Indian peasants have a long tradition of armed uprisings reaching back at least to the initial British conquest and the last decades of Moghul government. For more than 200 years peasants in all the major regions have repeatedly risen against landlords, revenue agents and other bureaucrats, moneylenders, police and military forces. The uprisings were in response to relative deprivation of unusually severe character always economic and often also involving physical brutality or ethnic persecution.
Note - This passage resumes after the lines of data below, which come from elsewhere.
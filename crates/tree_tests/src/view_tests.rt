// What is printed of a store and of its subvolumes. The lines of the first two subvolumes and of
// the first lists are from another program; those of the others are written by hand.

use crate::marks::Mark;
use crate::same::same;
use inode_tree::{NodeKind, Timestamp};
use std::alloc::Global;
use std::test::Fail;
use subvol::Subvol;
use subvol_catalog::{Catalog, Entry, Key};
use sx_base::{Blob, MemSink, Outcome, Stop};
use tree_view::{list, show};
use uuid::Uuid;

fn key(byte: u8, ctransid: u64) -> Key {
    Key {
        uuid: Uuid::from_bytes([byte; 16]),
        ctransid,
    }
}

// ---- list

// An entry: its name, the byte of its UUID, its transaction number, whether it is complete, and its
// parent's byte and number.
type Row = (&'static [u8], u8, u64, bool, Option<(u8, u64)>);

const TWO_PARTS: &[Row] = &[
    (b"a", 0x11, 1, true, None),
    (b"b", 0x22, 2, true, Some((0x11, 1))),
];

const TWO_PART_LINES: &[u8] =
    b"a 11111111-1111-1111-1111-111111111111 1 complete -\nb 22222222-2222-2222-2222-222222222222 2 complete 11111111-1111-1111-1111-111111111111:1\n";

const UNFINISHED: &[Row] = &[(b"a", 0x11, 1, false, None)];

const UNFINISHED_LINE: &[u8] = b"a 11111111-1111-1111-1111-111111111111 1 unfinished -\n";

// Entries stay in the order in which they began. A parent need not be there.
const OTHERS: &[Row] = &[
    (b"z\\ \xc3\xa9", 0xab, u64::MAX, true, Some((0xff, 0))),
    (b"-", 0x00, 0, false, Some((0xab, u64::MAX))),
    (b"b~!", 0x0f, 10, true, None),
];

const OTHER_LINES: &[u8] =
    b"z\\x5c\\x20\\xc3\\xa9 abababab-abab-abab-abab-abababababab 18446744073709551615 complete ffffffff-ffff-ffff-ffff-ffffffffffff:0\n- 00000000-0000-0000-0000-000000000000 0 unfinished abababab-abab-abab-abab-abababababab:18446744073709551615\nb~! 0f0f0f0f-0f0f-0f0f-0f0f-0f0f0f0f0f0f 10 complete -\n";

fn catalog(alloc: Global, rows: &[Row]) -> Result<Catalog<u64>, Stop> {
    let mut catalog = Catalog::new(alloc);
    for (name, byte, ctransid, complete, parent) in rows {
        let mut bytes = Blob::new(alloc);
        bytes.push_all(name)?;
        catalog.add(Entry {
            name: bytes,
            key: key(*byte, *ctransid),
            parent: parent_key(*parent),
            value: if *complete { Some(7) } else { None },
        })?;
    }
    Ok(catalog)
}

fn parent_key(parent: Option<(u8, u64)>) -> Option<Key> {
    let (byte, ctransid) = parent?;
    Some(key(byte, ctransid))
}

// Whether the entries are listed as these lines.
fn lists(alloc: Global, rows: &[Row], lines: &[u8]) -> Result<bool, Fail> {
    let mut out = MemSink::new(alloc);
    let answer = list(alloc, &catalog(alloc, rows)?, &mut out);
    Ok(answer == Outcome::Done && out.bytes() == lines)
}

const LISTS: &[(&[Row], &[u8])] = &[
    (&[], b""),
    (TWO_PARTS, TWO_PART_LINES),
    (UNFINISHED, UNFINISHED_LINE),
    (OTHERS, OTHER_LINES),
];

#[test]
fn entries_are_listed(rt: HostRuntime) -> Result<(), Fail> {
    for &(rows, lines) in LISTS {
        same(&rt, lists(rt.alloc(), rows, lines)?, true);
    }
    Ok(())
}

// ---- show

// One call on a subvolume.
#[derive(Clone, Copy)]
enum Step {
    // The path of a new inode, its kind, device number and target.
    Make(&'static [u8], NodeKind, u64, &'static [u8]),
    // A new path for an inode, and the one that it has.
    Link(&'static [u8], &'static [u8]),
    Mode(&'static [u8], u16),
    Owner(&'static [u8], u64, u64),
    // When it was last read and last written: seconds and nanoseconds.
    Times(&'static [u8], (u64, u32), (u64, u32)),
    Flags(&'static [u8], u64),
    Xattr(&'static [u8], &'static [u8], &'static [u8]),
    // So many bytes from a place on.
    Write(&'static [u8], u64, u64),
}

fn moment(time: (u64, u32)) -> Timestamp {
    Timestamp {
        secs: time.0,
        nanos: time.1,
    }
}

fn done(sub: &mut Subvol<Mark>, step: Step) -> Result<(), Stop> {
    match step {
        Step::Make(path, kind, rdev, target) => {
            sub.tree_mut().make(path, kind, rdev, target)?;
            Ok(())
        }
        Step::Link(path, existing) => sub.tree_mut().link(path, existing),
        Step::Mode(path, mode) => sub.tree_mut().set_mode(path, mode),
        Step::Owner(path, uid, gid) => sub.tree_mut().set_owner(path, uid, gid),
        Step::Times(path, atime, mtime) => {
            sub.tree_mut().set_times(path, moment(atime), moment(mtime))
        }
        Step::Flags(path, flags) => sub.tree_mut().set_flags(path, flags),
        Step::Xattr(path, name, value) => sub.tree_mut().set_xattr(path, name, value),
        Step::Write(path, at, len) => sub.write(path, at, Mark { place: 0 }, len),
    }
}

fn made(alloc: Global, steps: &[Step]) -> Result<Subvol<Mark>, Stop> {
    let mut sub = Subvol::new_root(alloc)?;
    for step in steps {
        done(&mut sub, *step)?;
    }
    Ok(sub)
}

// Whether the subvolume that these steps make is shown as these lines.
fn shows(alloc: Global, name: &[u8], key: Key, steps: &[Step], lines: &[u8]) -> Result<bool, Fail> {
    let mut out = MemSink::new(alloc);
    let answer = show(alloc, name, key, &made(alloc, steps)?, &mut out);
    Ok(answer == Outcome::Done && out.bytes() == lines)
}

const HOME: &[Step] = &[
    Step::Owner(b"", 0, 0),
    Step::Mode(b"", 0o755),
    Step::Times(b"", (1_700_000_000, 0), (1_700_000_000, 0)),
    Step::Make(b"notes", NodeKind::File, 0, b""),
    Step::Write(b"notes", 0, 6),
    Step::Owner(b"notes", 1_000, 1_000),
    Step::Mode(b"notes", 0o644),
    Step::Times(b"notes", (1_700_000_001, 500), (1_700_000_002, 0)),
];

const HOME_LINES: &[u8] =
    b"subvol home 11111111-1111-1111-1111-111111111111 9 258\ninode 256 dir 755 0 0 1700000000.000000000 1700000000.000000000 0 -\ninode 257 file 644 1000 1000 1700000001.000000500 1700000002.000000000 0 6\nname 256 notes 257\n";

const KINDS: &[Step] = &[
    Step::Make(b"d", NodeKind::Directory, 0, b""),
    Step::Make(b"d/s", NodeKind::SymbolicLink, 0, b"../x y"),
    Step::Make(b"d/n", NodeKind::CharacterDevice, 1_281, b""),
    Step::Make(b"d/p", NodeKind::Fifo, 0, b""),
    Step::Make(b"d/q", NodeKind::Socket, 0, b""),
    Step::Xattr(b"d", b"user.k", b"\x00\xff"),
];

const KIND_LINES: &[u8] =
    b"subvol a 11111111-1111-1111-1111-111111111111 1 262\ninode 256 dir 700 0 0 0.000000000 0.000000000 0 -\ninode 257 dir 700 0 0 0.000000000 0.000000000 0 -\nxattr 257 user.k 00ff\ninode 258 symlink 777 0 0 0.000000000 0.000000000 0 ../x\\x20y\ninode 259 chr 600 0 0 0.000000000 0.000000000 0 1281\ninode 260 fifo 600 0 0 0.000000000 0.000000000 0 -\ninode 261 socket 600 0 0 0.000000000 0.000000000 0 -\nname 256 d 257\nname 257 n 259\nname 257 p 260\nname 257 q 261\nname 257 s 258\n";

// Names in the order of their bytes, two of one inode; modes with and without all bits; attributes
// in the order of their names; a file that ends in a hole.
const FURTHER: &[Step] = &[
    Step::Make(b"\xff", NodeKind::BlockDevice, u64::MAX, b""),
    Step::Make(b"b", NodeKind::Directory, 0, b""),
    Step::Make(b"b/z", NodeKind::File, 0, b""),
    Step::Link(b"B", b"b/z"),
    Step::Link(b"b c", b"b/z"),
    Step::Write(b"b/z", 4_096, 4),
    Step::Mode(b"b/z", 0o7_777),
    Step::Mode(b"b", 0),
    Step::Owner(b"B", u64::MAX, 65_534),
    Step::Times(b"B", (u64::MAX, 999_999_999), (1, 10)),
    Step::Flags(b"B", 16),
    Step::Xattr(b"B", b"user.b", b""),
];

const FURTHER_LINES: &[u8] =
    b"subvol \\x09 00000000-0000-0000-0000-000000000000 0 260\ninode 256 dir 700 0 0 0.000000000 0.000000000 0 -\ninode 257 blk 600 0 0 0.000000000 0.000000000 0 18446744073709551615\ninode 258 dir 0 0 0 0.000000000 0.000000000 0 -\ninode 259 file 7777 18446744073709551615 65534 18446744073709551615.999999999 1.000000010 16 4100\nxattr 259 user.b \nname 256 B 259\nname 256 b 258\nname 256 b\\x20c 259\nname 256 \\xff 257\nname 258 z 259\n";

// The name, the byte of the UUID and the transaction number of a subvolume, how it is made, and its
// lines.
type Shown = (&'static [u8], u8, u64, &'static [Step], &'static [u8]);

const SHOWN: &[Shown] = &[
    (b"home", 0x11, 9, HOME, HOME_LINES),
    (b"a", 0x11, 1, KINDS, KIND_LINES),
    (b"\t", 0, 0, FURTHER, FURTHER_LINES),
];

#[test]
fn subvolumes_are_shown(rt: HostRuntime) -> Result<(), Fail> {
    for &(name, byte, ctransid, steps, lines) in SHOWN {
        let shown = shows(rt.alloc(), name, key(byte, ctransid), steps, lines)?;
        same(&rt, shown, true);
    }
    Ok(())
}

// ---- faults

// The lines of the first list, where the output fails its call of this number: what came out, and
// how it ended.
fn cut_list(alloc: Global, call: u64) -> Result<(u64, Outcome), Fail> {
    let mut out = MemSink::new(alloc);
    out.fail_call(call)?;
    let answer = list(alloc, &catalog(alloc, TWO_PARTS)?, &mut out);
    Ok((out.bytes().len() as u64, answer))
}

#[test]
fn a_fault_of_the_output_is_answered(rt: HostRuntime) -> Result<(), Fail> {
    same(&rt, cut_list(rt.alloc(), 1)?, (0, Outcome::OutputFault));
    let whole = TWO_PART_LINES.len() as u64;
    same(&rt, cut_list(rt.alloc(), 2)?, (whole, Outcome::Done));
    Ok(())
}

// A subvolume with a value of so many bytes that its line is written before the others are made.
fn with_much_text(alloc: Global) -> Result<Subvol<Mark>, Fail> {
    let mut sub = made(alloc, KINDS)?;
    let value = vec![in alloc; 0xab; 33_000]?;
    sub.tree_mut().set_xattr(b"", b"user.v", value.as_slice())?;
    Ok(sub)
}

#[test]
fn much_text_goes_out_in_pieces(rt: HostRuntime) -> Result<(), Fail> {
    let sub = with_much_text(rt.alloc())?;
    let mut out = MemSink::new(rt.alloc());
    out.fail_call(2)?;
    let answer = show(rt.alloc(), b"a", key(0x11, 1), &sub, &mut out);
    same(&rt, answer, Outcome::OutputFault);
    same(&rt, out.bytes().len(), 52 + 50 + 66_000 + 18);
    Ok(())
}
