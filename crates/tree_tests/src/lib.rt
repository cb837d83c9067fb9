//! Tests of the calls of `extent_map`, `shared_map`, `inode_tree`, `subvol`, `subvol_catalog`,
//! `path_index` and `tree_view`. Nothing stands here but tests.
#![tactic(auto)]

#[cfg(test)]
mod catalog_tests;
#[cfg(test)]
mod contents_tests;
#[cfg(test)]
mod edit_tests;
#[cfg(test)]
mod extent_tests;
#[cfg(test)]
mod index_tests;
#[cfg(test)]
mod inode_tests;
#[cfg(test)]
mod map_tests;
#[cfg(test)]
mod marks;
#[cfg(test)]
mod plain;
#[cfg(test)]
mod same;
#[cfg(test)]
mod view_tests;
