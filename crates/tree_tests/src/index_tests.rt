// That there is memory, and an index of the least subvolume. Files with several names stand in the
// tests of bases.
use crate::same::same;
use extent_map::Nowhere;
use path_index::PathIndex;
use send_model::edits_keep_subvolumes_lawful;
use std::test::Fail;
use subvol::Subvol;
use sx_base::Blob;

// How long a path is.
fn len_of(path: Option<Blob>) -> Option<usize> {
    match path {
        Some(path) => Some(path.as_slice().len()),
        None => None,
    }
}

#[test]
fn root_alone(rt: HostRuntime) -> Result<(), Fail> {
    let alloc = rt.alloc();
    edits_keep_subvolumes_lawful::<Option<Nowhere>>();
    let index = PathIndex::new(alloc, Subvol::<Nowhere>::new_root(alloc)?)?;
    same(&rt, len_of(index.first_path(alloc, 256)?), Some(0));
    same(&rt, len_of(index.first_path(alloc, 257)?), None);
    same(&rt, index.is_nameable(256), true);
    same(&rt, index.is_nameable(257), false);
    Ok(())
}
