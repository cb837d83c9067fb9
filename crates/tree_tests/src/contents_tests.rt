// Contents of files as commands make them, one call after the other.

use crate::marks::Mark;
use crate::same::same;
use inode_tree::{NodeKind, Starts};
use std::alloc::{AllocError, Global};
use std::test::Fail;
use subvol::{SourceRange, Subvol};
use sx_base::{Refusal, Stop};

// Places by the numbers of inodes.
struct Numbers;

impl Starts<Mark> for Numbers {
    ghost use Rattle.std.specs.Prelude.{◌%◌};

    ghost starts = { λ s ino. record { place = ino % 1_024 } };

    fn start(&self, ino: u64) -> Mark {
        Mark { place: ino % 1_024 }
    }
}

// What a call answers that is refused.
fn refused(refusal: Refusal) -> Result<(), Stop> {
    Err(Stop::Refused(refusal))
}

// A subvolume with one file, which has so many cells.
fn with_file(alloc: Global, len: u64) -> Result<Subvol<Mark>, Stop> {
    let mut subvol = Subvol::new_root(alloc)?;
    subvol.tree_mut().make(b"x", NodeKind::File, 0, b"")?;
    subvol.write(b"x", 0, Mark { place: 0 }, len)?;
    Ok(subvol)
}

// A piece of a file: its number, and which of its pieces.
fn piece(subvol: &Subvol<Mark>, ino: u64, number: usize) -> Option<(Option<Mark>, u64)> {
    let contents = subvol.tree().inode(ino)?.contents();
    contents.pieces(0, contents.size()).nth(number)
}

#[test]
fn ranges_are_allocated(rt: HostRuntime) -> Result<(), Fail> {
    let mut subvol = with_file(rt.alloc(), 2)?;
    same(&rt, subvol.fallocate(b"x", 3, 0, 1), Ok(()));
    same(&rt, subvol.fallocate(b"x", 0, 0, 5), Ok(()));
    same(&rt, piece(&subvol, 257, 0), Some((None, 1)));
    same(
        &rt,
        piece(&subvol, 257, 1),
        Some((Some(Mark { place: 1 }), 1)),
    );
    same(&rt, piece(&subvol, 257, 2), Some((None, 3)));
    same(&rt, piece(&subvol, 257, 3), None);
    Ok(())
}

#[test]
fn allocations_are_refused(rt: HostRuntime) -> Result<(), Fail> {
    let mut subvol = with_file(rt.alloc(), 2)?;
    for (mode, at, refusal) in [
        (2, 0, Refusal::BadFallocate(2)),
        (17, 1, Refusal::FileTooBig),
    ] {
        let answer = subvol.fallocate(b"x", mode, at, u64::MAX);
        same(&rt, answer, refused(refusal));
    }
    same(
        &rt,
        subvol.truncate(b"", 1 << 63),
        refused(Refusal::NotFile),
    );
    Ok(())
}

// From where a clone within a file of two blocks is made, to where, and how long it is.
const CLONES: &[(u64, u64, u64, Refusal)] = &[
    (4_096, 0, 8_192, Refusal::Overlap),
    (8_192, 0, 100, Refusal::Unaligned),
    (8_192, 4_096, 8_192, Refusal::BadRange),
];

// A range of the file x.
fn of_x(from: u64, len: u64) -> SourceRange<'static> {
    SourceRange {
        path: b"x",
        from,
        len,
    }
}

#[test]
fn clones_are_refused(rt: HostRuntime) -> Result<(), Fail> {
    let mut subvol = with_file(rt.alloc(), 8_192)?;
    for &(at, from, len, refusal) in CLONES {
        let answer = subvol.clone_here(b"x", at, &of_x(from, len));
        same(&rt, answer, refused(refusal));
    }
    Ok(())
}

// A file that is two clones of the second block of another.
fn with_clones(alloc: Global) -> Result<Subvol<Mark>, Stop> {
    let source = with_file(alloc, 8_192)?;
    let mut subvol = with_file(alloc, 0)?;
    subvol.clone_from(b"x", 4_096, &source, &of_x(4_096, 4_096))?;
    subvol.clone_here(b"x", 0, &of_x(4_096, 4_096))?;
    Ok(subvol)
}

#[test]
fn blocks_are_cloned(rt: HostRuntime) -> Result<(), Fail> {
    let mut subvol = with_clones(rt.alloc())?;
    let mark = Some(Mark { place: 4_096 });
    same(&rt, piece(&subvol, 257, 0), Some((mark, 4_096)));
    same(&rt, piece(&subvol, 257, 1), Some((mark, 4_096)));
    same(&rt, subvol.truncate(b"x", 1), Ok(()));
    same(&rt, piece(&subvol, 257, 0), Some((mark, 1)));
    Ok(())
}

// A subvolume of a thousand files.
fn thousand(alloc: Global) -> Result<Subvol<Mark>, Stop> {
    let mut subvol: Subvol<Mark> = Subvol::new_root(alloc)?;
    for number in 0_u16..1_000 {
        let [low, high] = number.to_le_bytes();
        let path = [b'0' + low % 64, b'0' + low / 64, b'0' + high % 8];
        subvol.tree_mut().make(&path, NodeKind::File, 0, b"")?;
    }
    Ok(subvol)
}

// A copy of which the mode of a file is changed.
fn changed(subvol: &Subvol<Mark>) -> Result<Subvol<Mark>, Stop> {
    let mut next = subvol.copy()?;
    next.tree_mut().set_mode(b"000", 0o755)?;
    Ok(next)
}

#[test]
fn a_snapshot_copies_what_it_changes(rt: HostRuntime) -> Result<(), Fail> {
    let mut subvol = thousand(rt.alloc())?;
    same(&rt, subvol.copied(), 0);
    for _snapshot in 0..32 {
        subvol = changed(&subvol)?;
        same(&rt, subvol.copied(), 1);
    }
    Ok(())
}

// The subvolume with places of its own.
fn traced(subvol: &Subvol<Mark>) -> Result<Subvol<Mark>, AllocError> {
    subvol.retraced(&Numbers)
}

#[test]
fn contents_get_places_of_their_own(rt: HostRuntime) -> Result<(), Fail> {
    let mut subvol = with_file(rt.alloc(), 2)?;
    same(&rt, subvol.fallocate(b"x", 3, 0, 1), Ok(()));
    let other = traced(&subvol)?;
    same(&rt, other.tree().find(b"x"), Ok(257));
    let run = Some((Some(Mark { place: 257 }), 2));
    same(&rt, piece(&other, 257, 0), run);
    same(&rt, piece(&other, 257, 1), None);
    same(&rt, piece(&subvol, 257, 0), Some((None, 1)));
    Ok(())
}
Although revolts have been widespread, certain areas have an especially strong tradition of rebellion. Bengal has been a hotbed of revolt both rural and urban from the earliest days of British rule. Some districts in particular Mymensingh, Dinajpur, Rangpur and Pabna in West Bengal and Santhal regions of Bihar and West Bengal figured repeatedly in peasant struggles and continued to do so.The tribal areas of Andhra Pradesh and the state of Kerala also have long traditions in revolt. Hill regions were tribal or other minorities retain a certain independence, ethnic unity and tactical maneuverability and where the terrain is suited to guerilla welfare are of course especially favorable for peasant struggle but these have also occurred in densely populated, plain regions such as Thanjavur where land hunger, landless labor and unemployment caused great suffering.
The British ushered in a qualitatively new set of property relations by making land a commodity thereby giving a mortal blow to the peculiar feudal relations prevailing in the countryside. These new types of proprietary relations are called the Zamindari and ryotwari systems. Under the former vast tracts of land comprising of districts, talukas, villages and even large tribal areas were made over to zamindars.